If you have questions about the Annual Meeting, need additional copies of the Proxy Statement or need to obtain proxy cards or other
information related to the proxy solicitation, you may contact the Corporate Secretary (or, in the absence thereof, by the Chief Executive Officer of the Company) at our registered office in Israel:
Kiryat Atidim,
Building 7,
Tel-Aviv, 6158002
Israel
Your vote is important.
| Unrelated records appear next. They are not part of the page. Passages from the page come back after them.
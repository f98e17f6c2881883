//! Rounds in HTML.

ghost use Rattle.std.specs.Prelude.{◌≡◌, ◌++◌, OnOk};
ghost use Rattle.formats.specs.Events.{attempts_of};
ghost use Rattle.board_rounds.specs.Rounds.{above, attempt_headings, below, conditions, heading};
ghost use Rattle.board_rounds.specs.Rounds.{headings, link, place_heading, podium, said, section};
ghost use Rattle.board_rounds.specs.Rounds.{table_start, title};
ghost use Rattle.markup.specs.Pieces.{piece_text};
ghost use Rattle.round_words.specs.Words.{round_name, round_words, settings_words, state_words};
ghost use Rattle.board_rounds.specs.model.Shown.{IsOpened, link_shown, section_shown};

use crate::absent::push_absent;
use crate::lines::push_entrants;
use crate::shown::{BoardRound, shown_round};
use attempts::NoMemory;
use commands::Meet;
use formats::{Advance, Event, attempts_of};
use markup::Piece::{Html, Number};
use markup::{Piece, fill};
use round_words::{push_round_name, push_round_words, push_settings, push_state_words};
use texts::{RoundId, Settings};

const HEADING: &[u8] = b"<th scope=\"col\">$</th>";

const BELOW: &[u8] = b"</tbody></table>\n<p class=\"at\">as of result $</p></section>\n";

/// Adds the name of a column.
#[tactic(auto, unfolding(crate::specs::Rounds::heading))]
fn push_heading(out: &mut Vec<u8>, text: Piece<'_>) -> Result<(), NoMemory>
    ensures { OnOk result (out.new.items ≡ out.old.items ++ heading (piece_text text.entry)) }
{
    fill(out, HEADING, &[text])
}

/// Adds the names of the columns of this many attempts, which are counted from 1.
pub fn push_attempt_headings(out: &mut Vec<u8>, count: u8) -> Result<(), NoMemory>
    ensures { OnOk result (out.new.items ≡ out.old.items
        ++ attempt_headings count) }
{
    for place in 0..count {
        push_heading(out, Number(u64::from(place) + 1))?;
    }
    Ok(())
}

/// Adds title, settings, and how far it is, in one line.
fn push_said(
    out: &mut Vec<u8>,
    id: RoundId,
    settings: Settings,
    closed: bool,
) -> Result<(), NoMemory>
    ensures { OnOk result (out.new.items ≡ out.old.items ++ said id settings closed) }
{
    push_round_words(out, id, settings.advance)?;
    out.extend_from_slice(b": ")?;
    push_settings(out, id.event, settings)?;
    out.extend_from_slice(b", ")?;
    push_state_words(out, closed, settings.advance)?;
    Ok(())
}

/// Adds the name of the first column, with the line that is above it on each page of paper.
fn push_place_heading(
    out: &mut Vec<u8>,
    id: RoundId,
    settings: Settings,
    closed: bool,
) -> Result<(), NoMemory>
    ensures { OnOk result (out.new.items
        ≡ out.old.items ++ place_heading (said id settings closed)) }
{
    out.extend_from_slice(b"<th scope=\"col\" data-title=\"")?;
    push_said(out, id, settings, closed)?;
    out.extend_from_slice(b"\">place</th>")?;
    Ok(())
}

fn push_headings(
    out: &mut Vec<u8>,
    id: RoundId,
    settings: Settings,
    closed: bool,
) -> Result<(), NoMemory>
    ensures { OnOk result (out.new.items ≡ out.old.items
        ++ headings (said id settings closed) (attempts_of settings.format)) }
{
    push_place_heading(out, id, settings, closed)?;
    push_heading(out, Html(b"number"))?;
    push_heading(out, Html(b"name"))?;
    push_heading(out, Html(b"average"))?;
    push_heading(out, Html(b"best"))?;
    push_attempt_headings(out, attempts_of(settings.format))?;
    push_heading(out, Html(b"advances"))
}

fn push_table_start(
    out: &mut Vec<u8>,
    id: RoundId,
    settings: Settings,
    closed: bool,
) -> Result<(), NoMemory>
    ensures { OnOk result (out.new.items ≡ out.old.items
        ++ table_start (said id settings closed) (attempts_of settings.format)) }
{
    out.extend_from_slice(b"<thead><tr>")?;
    push_headings(out, id, settings, closed)?;
    out.extend_from_slice(b"</tr></thead><tbody>\n")?;
    Ok(())
}

fn push_title(out: &mut Vec<u8>, id: RoundId, advance: Advance) -> Result<(), NoMemory>
    ensures { OnOk result (out.new.items ≡ out.old.items
        ++ title (round_name id) (round_words id advance)) }
{
    out.extend_from_slice(b"<section id=\"")?;
    push_round_name(out, id)?;
    out.extend_from_slice(b"\"><table><caption><h2>")?;
    push_round_words(out, id, advance)?;
    out.extend_from_slice(b"</h2>\n")?;
    Ok(())
}

fn push_conditions(
    out: &mut Vec<u8>,
    event: Event,
    settings: Settings,
    closed: bool,
) -> Result<(), NoMemory>
    ensures { OnOk result (out.new.items ≡ out.old.items
        ++ conditions (settings_words event settings) (state_words closed settings.advance)) }
{
    out.extend_from_slice(b"<p class=\"told\">")?;
    push_settings(out, event, settings)?;
    out.extend_from_slice(b", <strong>")?;
    push_state_words(out, closed, settings.advance)?;
    out.extend_from_slice(b"</strong></p></caption>\n")?;
    Ok(())
}

/// Adds what is above the lines of a round.
fn push_above(out: &mut Vec<u8>, shown: BoardRound<'_>) -> Result<(), NoMemory>
    ensures { OnOk result (out.new.items ≡ out.old.items
        ++ above shown.entry.id (shown.entry.settings, shown.entry.table.now)) }
{
    let settings = shown.settings;
    let closed = shown.table.is_closed();
    push_title(out, shown.id, settings.advance)?;
    push_conditions(out, shown.id.event, settings, closed)?;
    push_table_start(out, shown.id, settings, closed)
}

/// Adds what is below the lines of a round, or of a competitor.
#[tactic(auto, unfolding(crate::specs::Rounds::below))]
pub(crate) fn push_below(out: &mut Vec<u8>, position: u32) -> Result<(), NoMemory>
    ensures { OnOk result (out.new.items ≡ out.old.items ++ below position) }
{
    fill(out, BELOW, &[Number(position as u64)])
}

/// Adds a round, or its podium.
#[tactic(auto, unfolding(crate::specs::Rounds::section_of))]
fn push_shown(
    out: &mut Vec<u8>,
    shown: BoardRound<'_>,
    podium: bool,
    position: u32,
) -> Result<(), NoMemory>
    requires { IsOpened shown }
    ensures { OnOk result (out.new.items
        ≡ out.old.items ++ section_shown podium shown.entry position) }
{
    push_above(out, shown)?;
    push_entrants(out, shown, podium)?;
    push_below(out, position)
}

/// Adds a round of a meet in HTML, as it is after this many commands, or nothing where the round
/// was not opened.
///
/// Above it are its title, as `3x3x3 Cube, Round 1`, its settings and how far it is. Each entrant
/// has a line, in the order of the sheet, with the texts of the sheet, but for these. Who has no
/// attempt has no place. Of five attempts the best and the worst are in parentheses. In an open
/// round the page says who would advance as it is, and of a final it says of nobody that they don't
/// advance. The position is below.
///
/// # Errors
///
/// Where memory runs out. A front part may have been added then.
pub fn push_round(
    out: &mut Vec<u8>,
    meet: &Meet,
    position: u32,
    id: RoundId,
) -> Result<(), NoMemory>
    ensures { OnOk result (out.new.items ≡ out.old.items
        ++ section meet.now.accepted position id) }
{
    let Some(shown) = shown_round(meet, id) else {
        return Ok(());
    };
    push_shown(out, shown, false, position)
}

/// Adds the podium of a final, as [`push_round`] adds a round, but with the lines of those alone
/// who have a place of 1 to 3 and a result: more than three where they tie. After it there is a
/// paragraph for each entrant who is absent, in the order of the sheet: for whom attempts are
/// entered, and each of them is DNS. It adds nothing where the round was not opened, or is no
/// final.
///
/// # Errors
///
/// Where memory runs out. A front part may have been added then.
pub fn push_podium(
    out: &mut Vec<u8>,
    meet: &Meet,
    position: u32,
    id: RoundId,
) -> Result<(), NoMemory>
    ensures { OnOk result (out.new.items
        ≡ out.old.items ++ podium meet.now.accepted position id) }
{
    let Some(shown) = shown_round(meet, id) else {
        return Ok(());
    };
    match shown.settings.advance {
        Advance::Final => {
            push_shown(out, shown, true, position)?;
            push_absent(out, meet, shown.table)
        }
        Advance::Top(_) | Advance::Percent(_) => Ok(()),
    }
}

#[tactic(auto, unfolding(crate::specs::Rounds::link_of))]
fn push_shown_link(out: &mut Vec<u8>, shown: BoardRound<'_>) -> Result<(), NoMemory>
    ensures { OnOk result (out.new.items ≡ out.old.items ++ link_shown shown.entry) }
{
    out.extend_from_slice(b"<a href=\"/")?;
    push_round_name(out, shown.id)?;
    out.extend_from_slice(b"\">")?;
    push_round_words(out, shown.id, shown.settings.advance)?;
    out.extend_from_slice(b"</a>\n")
}

/// Adds a link to a round's own page, `/333-1`, or nothing where the round was not opened.
///
/// # Errors
///
/// Where memory runs out. A front part may have been added then.
pub fn push_link(out: &mut Vec<u8>, meet: &Meet, id: RoundId) -> Result<(), NoMemory>
    ensures { OnOk result (out.new.items ≡ out.old.items ++ link meet.now.accepted id) }
{
    let Some(shown) = shown_round(meet, id) else {
        return Ok(());
    };
    push_shown_link(out, shown)
}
Instructions for voting your shares at the Annual Meeting are included in the Proxy
Statement. If you have previously voted your shares and do not wish to change your vote, you do not need to take any further action. If you have previously voted your shares, voting again will supersede your previous vote, regardless of how you
previously voted (i.e., by telephone, Internet or mail).